Sunday, January 17, 2010

52 Blessings Project~ Week 3!


This Week I Am Grateful For~Being Able To Live Under such Favorable Circumstances In A Wonderful Country!

I have been somewhat mesmerized this past week watching the news to see the latest developments in the aftermath of the earthquake in Haiti. My heart hurts for these people. The children. The families. They were so poor to begin with and now they have lost everything.The devastation is so extreme for them.I just don't know how I would handle being in that same situation.

As I watch what is unfolding I can't help but feel so blessed to live in a country where I am free to come and go as I choose. To worship as I choose. Where I have not just adequate housing but a very nice place to live and raise my family. We have such a abundance of things. We never have to know hunger. We are clothed. We have every need possible met. And many times I tend to overlook it all.I don't even give it a second thought! I have many times found myself wanting more. Wanting better. Kinda shameful to think of it now. I think the time is now for me to take a good hard look around me and see how truly fortunate I am. I DO live in incredibly favorably circumstances in the BEST country there is~ And for that I am truly GRATEFUL!!!!

Friday, January 15, 2010

Today There's A Crap Storm Raining Down On Me And I Don't have A Umbrella!

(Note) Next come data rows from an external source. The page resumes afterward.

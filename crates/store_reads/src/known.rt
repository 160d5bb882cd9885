//! A cache of rows that were read or written recently.
//!
//! The cache saves the store from reading rows that can't have changed. It has three parts:
//!
//! - records: the columns that never change after an import, and their segments without the bytes;
//! - the state of one record, valid until the next change; the record itself doesn't have to be
//!   cached;
//! - the counters of batches, each valid until the next change to its batch.
ghost use Rattle.std.specs.Prelude.{◌≡◌, ◌<◌, ◌^◌, IfSome};
ghost use Rattle.std.proofs.Props.{props};
ghost use Rattle.store_data.specs.Sequence.{IsProduct};
ghost use Rattle.row_reads.specs.CardDecoding.{IsRecordAt};
ghost use Rattle.store_reads.specs.Counted.{leaves_counters};
ghost use Rattle.store_reads.specs.Fixed.{leaves_fixed};

use crate::plans::SegmentHead;
use job_facts::BatchTotals;
use row_reads::RecordAt;
use std::alloc::Global;
use store_data::{Name, Product};
use table_rows::Writing;

/// The columns of a record that never change after the import.
#[derive(Drop)]
pub struct KnownRecord {
    /// The name of the batch.
    pub(crate) batch: Name,
    /// The name of the record.
    pub(crate) rec: Name,
    /// The id of the batch.
    pub(crate) id: u64,
    /// The product of the batch.
    pub(crate) product: Product,
    /// The position of the record in its batch, from 0.
    pub(crate) place: u64,
    /// The segments of each application, without their bytes.
    pub(crate) heads: Vec<Vec<SegmentHead>>,
    ghost id_in_range: { id < 2 ^ 63 },
    ghost place_in_range: { place < 2 ^ 63 },
    ghost product_in_range: { IsProduct product },
}

/// The current state of a record in the batch with the id `batch`.
#[derive(Clone, Copy)]
pub struct StandingRecord {
    pub(crate) batch: u64,
    pub(crate) card: RecordAt,
}

/// The counters of the batch with the id `batch`.
#[derive(Clone, Copy)]
pub struct BatchCounters {
    pub(crate) batch: u64,
    pub(crate) totals: BatchTotals,
}

/// The cache. Records and counters are in order of insertion, and the oldest entry is evicted
/// first.
#[derive(Drop)]
pub struct Known {
    records: Vec<KnownRecord>,
    standing: Option<StandingRecord>,
    counted: Vec<BatchCounters>,
    ghost standing_in_range: { IfSome standing (λ s. IsRecordAt s.card) } by { Prim.hlevel props },
}

/// The maximum number of cached records, and of batches with cached counters. Each running machine
/// works on one record.
const MOST: usize = 64;

impl Known {
    ghost use Rattle.std.specs.Prelude.{◌⊎◌, Contains};
    ghost use Rattle.job_facts.specs.Contents.{Entry};
    ghost use Rattle.table_rows.specs.After.{rows_written};
    ghost use Rattle.table_rows.specs.Tables.{Tables};
    ghost use Rattle.store_reads.specs.Known.{AreCountersOf, IsAllKnownIn, IsStandingOf};
    ghost use Rattle.store_reads.specs.Known.{KnowsNothing, known_counters, known_records};
    ghost use Rattle.store_reads.specs.Known.{standing_record};
    ghost use Rattle.store_reads.specs.declared.known.BatchCounters.{BatchCounters as Counters};
    ghost use Rattle.store_reads.specs.declared.known.KnownRecord.{KnownRecord as KnownRecordValue};

    /// Creates an empty cache.
    pub fn new(alloc: Global) -> Known
        ensures { KnowsNothing result }
    {
        Known {
            records: Vec::new(alloc),
            standing: None,
            counted: Vec::new(alloc),
        }
    }

    /// Returns the record at position `place` of the batch with the id `id`.
    pub(crate) fn at(&self, id: u64, place: u64) -> Option<&KnownRecord>
        ensures known { IfSome result (λ k. Contains (known_records self.now) k.now) }
        ensures id { IfSome result (λ k. k.now.id ≡ id) }
        ensures place { IfSome result (λ k. k.now.place ≡ place) }
    {
        for record in &self.records {
            if record.id == id && record.place == place {
                return Some(record);
            }
        }
        None
    }

    /// Returns the record `rec` of the batch `batch`.
    pub(crate) fn named(&self, batch: &Name, rec: &Name) -> Option<&KnownRecord>
        ensures known { IfSome result (λ k. Contains (known_records self.now) k.now) }
        ensures batch { IfSome result (λ k. k.now.batch ≡ batch.now) }
        ensures rec { IfSome result (λ k. k.now.rec ≡ rec.now) }
    {
        for record in &self.records {
            if record.batch == *batch && record.rec == *rec {
                return Some(record);
            }
        }
        None
    }

    /// Returns any cached record of the batch `batch`.
    pub(crate) fn of_batch(&self, batch: &Name) -> Option<&KnownRecord>
        ensures known { IfSome result (λ k. Contains (known_records self.now) k.now) }
        ensures batch { IfSome result (λ k. k.now.batch ≡ batch.now) }
    {
        for record in &self.records {
            if record.batch == *batch {
                return Some(record);
            }
        }
        None
    }

    /// Returns the state of the record `rec` of the batch with the id `id`, if the cache has it.
    pub(crate) fn stands(&self, id: u64, rec: &Name) -> Option<&RecordAt>
        ensures known { IfSome result (λ card. IsStandingOf self.now id rec.now card.now) }
        ensures ranged { IfSome result (λ card. IsRecordAt card.now) }
    {
        match &self.standing {
            Some(it) if it.batch == id && it.card.name == *rec => Some(&it.card),
            _ => None,
        }
    }

    // Returns the counters of the batch with the id `id`.
    fn counters_at(&self, id: u64) -> Option<BatchCounters>
        ensures known { IfSome result (λ counters. Contains (known_counters self.now) counters) }
        ensures id { IfSome result (λ counters. counters.batch ≡ id) }
    {
        for counters in &self.counted {
            if counters.batch == id {
                return Some(*counters);
            }
        }
        None
    }

    /// Returns the counters of the batch `batch`. A cached record of the batch supplies its id, so
    /// the result is `None` if no record of the batch is cached.
    pub(crate) fn counters(&self, batch: &Name) -> Option<BatchCounters>
        ensures known { IfSome result (AreCountersOf self.now batch.now) }
        ensures ranged { IfSome result (λ counters. counters.batch < 2 ^ 63) }
    {
        let record = self.of_batch(batch)?;
        self.counters_at(record.id)
    }

    /// Adds a record, unless one with the same name and batch is cached. If the cache is full, the
    /// oldest record is evicted. If an allocation fails, the record is not cached and will be read
    /// again.
    pub(crate) fn keep(&mut self, read: KnownRecord)
        ensures records { (k : KnownRecordValue) → Contains (known_records self.new) k
            → (k ≡ read) ⊎ Contains (known_records self.old) k }
        ensures standing { standing_record self.new ≡ standing_record self.old }
        ensures counted { known_counters self.new ≡ known_counters self.old }
    {
        if self.named(&read.batch, &read.rec).is_some() {
            return;
        }
        if self.records.len() >= MOST {
            drop(self.records.remove(0));
        }
        let _ = self.records.push(read);
    }

    /// Caches the state of one record and replaces the previous one.
    pub(crate) fn note(&mut self, batch: u64, card: &RecordAt)
        requires { IsRecordAt card.now }
        ensures records { known_records self.new ≡ known_records self.old }
        ensures standing { IsStandingOf self.new batch card.now.name card.now }
        ensures counted { known_counters self.new ≡ known_counters self.old }
    {
        self.standing = Some(StandingRecord { batch, card: *card });
    }

    /// Caches the counters of the batch with the id `batch`. If the cache is full, the oldest entry
    /// is evicted. If an allocation fails, the counters are not cached and will be read again.
    pub fn cache_counters(&mut self, batch: u64, totals: &BatchTotals)
        ensures records { known_records self.new ≡ known_records self.old }
        ensures standing { standing_record self.new ≡ standing_record self.old }
        ensures counted { (s : Counters) → Contains (known_counters self.new) s
            → (s ≡ record { batch = batch; totals = totals.now })
            ⊎ Contains (known_counters self.old) s }
    {
        if self.counted.len() >= MOST {
            self.counted.remove(0);
        }
        let totals = *totals;
        let _ = self.counted.push(BatchCounters { batch, totals });
    }

    /// Removes every entry that `writing` may change: the record state, the counters of its batch,
    /// all counters if it adds a batch, and all records if it adds a product or a batch. The
    /// remaining entries are valid before and after `writing` is executed.
    pub fn forget_for(&mut self, writing: &Writing<'_>)
        ensures before { (t : Tables) → IsAllKnownIn t self.old → IsAllKnownIn t self.new }
        ensures after { (t : Tables) (entry : Entry) → IsAllKnownIn t self.old
            → IsAllKnownIn (rows_written writing.now entry t) self.new }
    {
        self.standing = None;
        self.counted
            .retain(|counters| leaves_counters(writing, counters.batch));
        if !leaves_fixed(writing) {
            self.records.clear();
        }
    }
}

// Returns `true` if `writing` leaves the counters of the batch with the id `batch` unchanged and
// adds no batch.
fn leaves_counters(writing: &Writing<'_>, batch: u64) -> bool
    ensures { result ≡ leaves_counters writing.now batch }
{
    match writing {
        Writing::AddsBatch { .. } => false,
        Writing::Opens { place, .. } => place.batch != batch,
        Writing::AddsLastWord { place, .. } => place.batch != batch,
        Writing::Ends { place, .. } => place.batch != batch,
        Writing::Remakes { place } => place.batch != batch,
        Writing::Withdraws { place, .. } => place.batch != batch,
        _ => true,
    }
}

// Returns `true` if `writing` adds no product and no batch.
fn leaves_fixed(writing: &Writing<'_>) -> bool
    ensures { result ≡ leaves_fixed writing.now }
{
    match writing {
        Writing::AddsProduct { .. } => false,
        Writing::AddsBatch { .. } => false,
        _ => true,
    }
}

My husband came home from work today and asked how my day was. And I found myself laughing~in a kinda crazy/I may never stop laughing~kinda way. Cause that's how I handle stress.I figure it was either laugh or cry and I was NOT going to cry NOT going to let the animals know they had gotten the best of me!
Oh yeah...It's been one of THOSE days!

Some of the highlights of the day began with chocolate milk spilled on my carpet,Grace hitting me and screaming cause I wanted to brush her rat's nest/hair,cleaning pee off the floor cause my once potty trained for months and months child has now decided to pee her pants instead. Every time! And the fighting. OH the fighting.over and over again. The biting, scratching, punching, pinching,Screaming. We had it all. Oh yeah UFC you got nothin on us!

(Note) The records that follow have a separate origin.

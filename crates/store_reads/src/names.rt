//! Reads a product.
ghost use Rattle.std.specs.Prelude.{IfOk, IfSome, false, ◌≡◌};
ghost use Rattle.sqlite.specs.Held.{state};
ghost use Rattle.store_data.specs.Sequence.{IsProduct};
ghost use Rattle.job_facts.specs.States.{product_named};
ghost use Rattle.row_reads.specs.Reads.{Looks};
ghost use Rattle.store_reads.specs.ReadsContents.{ReadsContents};

use sqlite::{Alter, Connection, Error};
use store_data::{Name, Product};

/// Returns the product with the name `code`.
pub fn product<S: Alter>(conn: &mut Connection<S>, code: &Name) -> Result<Option<Product>, Error>
    requires { conn.old.in_transaction ≡ false }
    ensures value { ReadsContents (state S.Store conn.old) (state S.Store conn.new) result
        (λ c answer. answer ≡ product_named c.facts.products code.now) }
    ensures ranged { IfOk result (λ answer. IfSome answer IsProduct) }
    ensures looks { Looks (state S.Store conn.old) (state S.Store conn.new) }
{
    row_reads::product(conn, code)
}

And with that fighting they kept waking Adelynn over and over and over. The poor baby was so tired and now cranky too!
So in total frustration I sent the kids outside to play while I got Adie back to sleep. Then I went in my room to pick it up.Then maybe ten minutes later Bailey told me I just had to come see Adelynn.What?? She was sleeping! Well Bailey had woke her up and taken her out of her swing and taken her outside!And propped her in a chair so the baby could watch her hula hoop! Oh my hell! I about died! But the baby was cracking up. So hard so I had Grace go get me the camera. And as I was taking pictures I noticed Ethan down on all fours. Eating something off the ground like a dog.Oh not a dog. A Cat! He was eating cat food he had spilled all over the floor.Apparently it was delicious cause that's what he told me! A little later the neighbor next door came over (you know..the one who if I say "Hi" to either of them they pretend not to hear and ignore me) She was really pissed. Cause our garden drip system was flooding the rocks on the side of her house. I told her I'd have my husband take care of it but No, she wanted me to see it! So here is a pic of it! I noticed the dog crap in her rocks and thought at least she can't blame that on us. But then I had the horrifying thought maybe it wasn't dog crap and maybe she could blame it on us! Ughh. Whatever!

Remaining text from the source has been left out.